17 July 2010

An Explanation

I posted a couple of days ago about a process we’re writing as a console application.  Since I want this to be the highest possible quality code, I believe I should defend/explain the reasons I did things the way I did. 

After that, there will be a couple of additional posts explaining some issues we encountered and how we corrected them.

So, on with the explanation…

As I see it there are two basic questions (feel free to send others, though).  1: Why a console app instead of a service?  2: Why chained streams?

Why A Console Application?

Because this is specifically requested as a temporary solution, and we were given an outer limit of days (45) that it might be needed, it didn’t make sense to do anything more complex than a Windows Service or Console application.  This already feeds into a BizTalk solution, so we could have gone that route, or we could have created a WCF service that would get called somewhere, but those seemed overly complex for what is, in essence, an automated version of “CTRL+C" “CTRL+V.” 

So, between a Windows Service and a Console app, they both have their advantages and disadvantages. 

A service hooked to a FileSystemWatcher could merge the files at the moment the daily file comes in.  Since the process that uses the merged file runs on a schedule, that could be a good thing, since we’d know that it was always ready to go when needed.  On the other hand, if it fails, we would have to specifically look at the file location to verify that, and if we had to re-run the process we either have to re-drop the file or find some other way to get the service to kick off.
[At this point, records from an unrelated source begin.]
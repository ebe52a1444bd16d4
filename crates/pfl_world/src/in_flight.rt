//! What becomes of frames on their way: lost, repeated, cut.

ghost use Rattle.std.specs.Prelude.{◌≡◌, ◌≤◌, ◌+◌, Ok, IfOk, IfErr, OnOk, OnErr, length};
ghost use Rattle.pfl_world.specs.Events.{IsRefusalOf};
ghost use Rattle.pfl_world.specs.Tickets.{lose_step, repeat_step, cut_step};
ghost use Rattle.pfl_world.specs.Values.{HoldsLittle};
ghost use Rattle.pfl_world.specs.inner.Recording.{Recorded};

use crate::edit::WorldEdit;
use crate::world::World;
use pfl_base::Refusal;
use pfl_edits::Recorder;
use pfl_language::Outcome;
use std::alloc::Allocator;

impl<A: Allocator + Copy> World<A> {
    /// A frame is lost.
    pub(crate) fn lose<R: Recorder<WorldEdit<A>>>(
        &mut self,
        ticket: u32,
        to: &mut R,
    ) -> Result<Outcome, Refusal>
        ensures refused { IfErr result (IsRefusalOf (lose_step self.old ticket)) }
        ensures unchanged { OnErr result (self.new ≡ self.old) }
        ensures unrecorded { OnErr result (R.list to.new ≡ R.list to.old) }
        ensures step { IfOk result (λ outcome. lose_step self.old ticket ≡ Ok (record { world = self.new; outcome = outcome })) }
        ensures recorded { OnOk result (Recorded HoldsLittle self.old self.new (R.list to.old) (R.list to.new)) }
        ensures few { OnOk result (length (R.list to.new) ≤ length (R.list to.old) + 1) }
        ensures room { R.spare to.old + length (R.list to.old) ≤ R.spare to.new + length (R.list to.new) }
    {
        let taken = self.link.take(ticket)?;
        self.lift_link(taken, to)?;
        Ok(Outcome::Lost)
    }

    /// A frame is copied under the next ticket.
    pub(crate) fn repeat<R: Recorder<WorldEdit<A>>>(
        &mut self,
        ticket: u32,
        to: &mut R,
    ) -> Result<Outcome, Refusal>
        ensures refused { IfErr result (IsRefusalOf (repeat_step self.old ticket)) }
        ensures unchanged { OnErr result (self.new ≡ self.old) }
        ensures unrecorded { OnErr result (R.list to.new ≡ R.list to.old) }
        ensures step { IfOk result (λ outcome. repeat_step self.old ticket ≡ Ok (record { world = self.new; outcome = outcome })) }
        ensures recorded { OnOk result (Recorded HoldsLittle self.old self.new (R.list to.old) (R.list to.new)) }
        ensures few { OnOk result (length (R.list to.new) ≤ length (R.list to.old) + 1) }
        ensures room { R.spare to.old + length (R.list to.old) ≤ R.spare to.new + length (R.list to.new) }
    {
        let (next, edit) = self.link.copy(ticket)?;
        let len = edit.frame().bytes().len();
        self.lift_link(edit, to)?;
        Ok(Outcome::Sent { ticket: next, len })
    }

    /// A frame keeps its first bytes.
    pub(crate) fn cut<R: Recorder<WorldEdit<A>>>(
        &mut self,
        ticket: u32,
        len: u32,
        to: &mut R,
    ) -> Result<Outcome, Refusal>
        ensures refused { IfErr result (IsRefusalOf (cut_step self.old ticket len)) }
        ensures unchanged { OnErr result (self.new ≡ self.old) }
        ensures unrecorded { OnErr result (R.list to.new ≡ R.list to.old) }
        ensures step { IfOk result (λ outcome. cut_step self.old ticket len ≡ Ok (record { world = self.new; outcome = outcome })) }
        ensures recorded { OnOk result (Recorded HoldsLittle self.old self.new (R.list to.old) (R.list to.new)) }
        ensures few { OnOk result (length (R.list to.new) ≤ length (R.list to.old) + 1) }
        ensures room { R.spare to.old + length (R.list to.old) ≤ R.spare to.new + length (R.list to.new) }
    {
        let (kept, edit) = self.link.cut(ticket, len as usize)?;
        self.lift_link(edit, to)?;
        Ok(Outcome::CutTo(kept))
    }
}
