//! What the link changed is recorded, as an edit of the pair.

ghost use Rattle.std.specs.Prelude.{◌≡◌, ◌+◌, ◌≤◌, [], ◌∷◌, length, IfErr, OnOk, OnErr};
ghost use Rattle.pfl_edits.specs.Changes.{Fits};
ghost use Rattle.pfl_link.specs.LinkEdits as links;
ghost use Rattle.pfl_link.specs.Links.{IsLink};
ghost use Rattle.pfl_world.specs.Values.{HoldsLittle};
ghost use Rattle.pfl_world.specs.inner.Recording.{Recorded};
ghost use Rattle.pfl_world.specs.inner.WorldEdits.{before_link};

use crate::edit::WorldEdit;
use crate::world::World;
use pfl_base::Refusal;
use pfl_edits::{Recorder, Reversible};
use pfl_link::LinkEdit;
use std::alloc::Allocator;

impl<A: Allocator + Copy> World<A> {
    /// Records what the link changed. Where there is no memory for that, the link is as it was.
    pub(crate) fn lift_link<R: Recorder<WorldEdit<A>>>(
        &mut self,
        edit: LinkEdit<A>,
        to: &mut R,
    ) -> Result<(), Refusal>
        requires fits { Fits links.Finds IsLink links.put_back (edit ∷ []) self.old.link }
        ensures refused { IfErr result (λ refusal. refusal ≡ Refusal.NoMemory) }
        ensures undone { OnErr result (self.new ≡ before_link self.old edit) }
        ensures unrecorded { OnErr result (R.list to.new ≡ R.list to.old) }
        ensures kept { OnOk result (self.new ≡ self.old) }
        ensures recorded { OnOk result (Recorded HoldsLittle (before_link self.old edit) self.new (R.list to.old) (R.list to.new)) }
        ensures few { OnOk result (length (R.list to.new) ≤ length (R.list to.old) + 1) }
        ensures room { R.spare to.old + length (R.list to.old) ≤ R.spare to.new + length (R.list to.new) }
    {
        self.known();
        if to.reserve(1).is_err() {
            self.link.undo(edit);
            return Err(Refusal::NoMemory);
        }
        to.push(WorldEdit::OfLink(edit));
        Ok(())
    }
}
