//! What takes a restart back.

ghost use Rattle.std.specs.Prelude.{◌≡◌, IfOk};

use pfl_base::NodeId;
use pfl_edits::NoMemory;
use pfl_node::Node;
use std::alloc::Allocator;
use std::marker::Model;

/// A restart of a node. Its place is the node together with the number of the next boot.
///
/// It owns the node from before, which the new one follows from. That stands on the heap: a node is larger than what any other
/// edit holds.
pub struct RestartEdit<A: Allocator> {
    node: NodeId,
    former: Box<Node<A>, A>,
    boot: u32,
}

// Written by hand: see docs/ARCHITECTURE.md, "What the prover asks of the code".
impl<A: Allocator> Drop for RestartEdit<A> {
    fn drop(self) {
        let RestartEdit {
            node: _,
            former: _,
            boot: _,
        } = self;
    }
}

impl<A: Allocator> Model for RestartEdit<A> {
    ghost use Rattle.pfl_world.specs.Restarts.{RestartEdit, coded_restart};

    ghost Value = { RestartEdit };

    ghost coded = { coded_restart };

    ghost view = { λ e. record { node = e.node; former = e.former.value; boot = e.boot } };
}

impl<A: Allocator> RestartEdit<A> {
    /// The edit of a restart as this boot.
    pub(crate) fn new(node: NodeId, former: Box<Node<A>, A>, boot: u32) -> RestartEdit<A>
        ensures edit { result ≡ record { node = node; former = former.value; boot = boot } }
    {
        RestartEdit { node, former, boot }
    }

    /// The node that began anew.
    pub(crate) fn node(&self) -> NodeId
        ensures node { result ≡ self.now.node }
    {
        self.node
    }

    /// As which boot.
    pub(crate) fn boot(&self) -> u32
        ensures boot { result ≡ self.now.boot }
    {
        self.boot
    }

    /// The node that began anew, as it was before, and as which boot it began.
    pub(crate) fn into_parts(self) -> (NodeId, Box<Node<A>, A>, u32)
        ensures node { result.0 ≡ self.node }
        ensures former { result.1.value ≡ self.former }
        ensures boot { result.2 ≡ self.boot }
    {
        let RestartEdit { node, former, boot } = self;
        (node, former, boot)
    }

    /// The node as it was before.
    pub(crate) fn into_former(self) -> Node<A>
        ensures former { result ≡ self.former }
    {
        let RestartEdit {
            node: _,
            former,
            boot: _,
        } = self;
        Box::into_inner(former)
    }
}

impl<A: Allocator + Copy> RestartEdit<A> {
    /// An equal edit, with memory of its own.
    pub fn copy(&self) -> Result<RestartEdit<A>, NoMemory>
        ensures same { IfOk result (λ copied. copied ≡ self.now) }
    {
        let former = self.former.as_ref().copy()?;
        let former = boxed(*Box::allocator(&self.former), former)?;
        Ok(RestartEdit {
            node: self.node,
            former,
            boot: self.boot,
        })
    }
}

/// A node on the heap.
pub(crate) fn boxed<A: Allocator>(alloc: A, node: Node<A>) -> Result<Box<Node<A>, A>, NoMemory>
    ensures value { IfOk result (λ b. b.value ≡ node) }
{
    match Box::new(alloc, node) {
        Ok(boxed) => Ok(boxed),
        Err(_) => Err(NoMemory),
    }
}
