//! Why limits are none.

ghost use Rattle.std.specs.Prelude.{◌≡◌};
ghost use Rattle.pfl_world.specs.Worlds.{world_fault};

use pfl_edits::NoMemory;
use pfl_language::{LimitFault, Limits};
use std::error::Error;
use std::fmt;

/// Why limits are none: the first that applies.
#[derive(Clone, Copy, Debug, PartialEq, Eq)]
pub enum WorldFault {
    /// A limit is below its range.
    TooSmall = 1,
    /// A limit is above its range.
    TooLarge,
    /// There is no memory for tables of this size.
    NoMemory,
}

impl WorldFault {
    ghost use Rattle.pfl_world.specs.Faults.{fault_number};

    /// The number by which a program names the fault, from 1 to 3.
    pub fn number(self) -> u8
        ensures { result ≡ fault_number self }
    {
        self as u8
    }
}

impl fmt::Display for WorldFault {
    ghost use Rattle.std.specs.Prelude.{Some};
    ghost use Rattle.pfl_world.specs.Faults.{fault_text};

    ghost output = { λ fault. Some (fault_text fault) };

    fn fmt<W: fmt::Write>(&self, f: &mut fmt::Formatter<W>) -> fmt::Result {
        f.write_str(match self {
            WorldFault::TooSmall => "a limit below its range",
            WorldFault::TooLarge => "a limit above its range",
            WorldFault::NoMemory => "no memory",
        })
    }
}

impl Error for WorldFault {}

impl From<NoMemory> for WorldFault {
    ghost use Rattle.std.specs.Prelude.{◌≡◌};
    ghost use Rattle.pfl_world.specs.declared.fault.WorldFault.TheVariants as fault;

    ghost from_gives = { λ _ given. given ≡ fault.NoMemory };

    fn from(_error: NoMemory) -> WorldFault {
        WorldFault::NoMemory
    }
}

/// Why these limits are none, if there is a reason.
#[tactic(auto, using(crate::proofs::LimitFaults::too_small, crate::proofs::LimitFaults::too_large, crate::proofs::LimitFaults::no_fault))]
pub(crate) fn fault_of(limits: &Limits) -> Option<WorldFault>
    ensures fault { result ≡ world_fault limits.now }
{
    match limits.fault() {
        Some(LimitFault::TooSmall) => Some(WorldFault::TooSmall),
        Some(LimitFault::TooLarge) => Some(WorldFault::TooLarge),
        None => None,
    }
}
A Console application, on the other hand, has to be scheduled through the Windows Scheduler if it’s going to run as an automated process, and that means balancing the needs of running the merge early enough to be ready for the secondary process, and late enough to be sure we’ve got the file.  On the other hand, if it fails, it’s easy enough to pull it up and run it manually or, even, pull up the solution in TFS and run it in debug mode (to catch what the error is).  And, since it’s scheduled, we can know exactly when to check to verify it ran properly.

In the end, it was decided it was kind of “six of one, half a dozen of the other,” and my Programmer’s Virtue of Laziness said that since I was going to have to write a console app during the debug phase anyway, I may as well just keep it as a console app.

Why Chained Streams?

Really, was there another choice?  I could have converted the streams to byte arrays, but that seemed overly complex for what we were trying to accomplish (turns out that was wrong, but I didn’t know that at the time).  We’re trying to do the equivalent of opening one file, hitting “CTRL+A” then “CTRL+C”, opening a second file, hitting “CTRL+END” then “CTRL+V”, and then saving the merged file to a folder for an automated FTP process to pick up.

Reading the files and writing directly to a new, merged file, seemed to fit that need quite nicely (and would have, too, except for something I found out later).

So, there you go, there was our reasoning.  Fairly simple and straight forward.  If you have other questions, please post them in the comments.  Maybe I’ll do another follow-up based on those.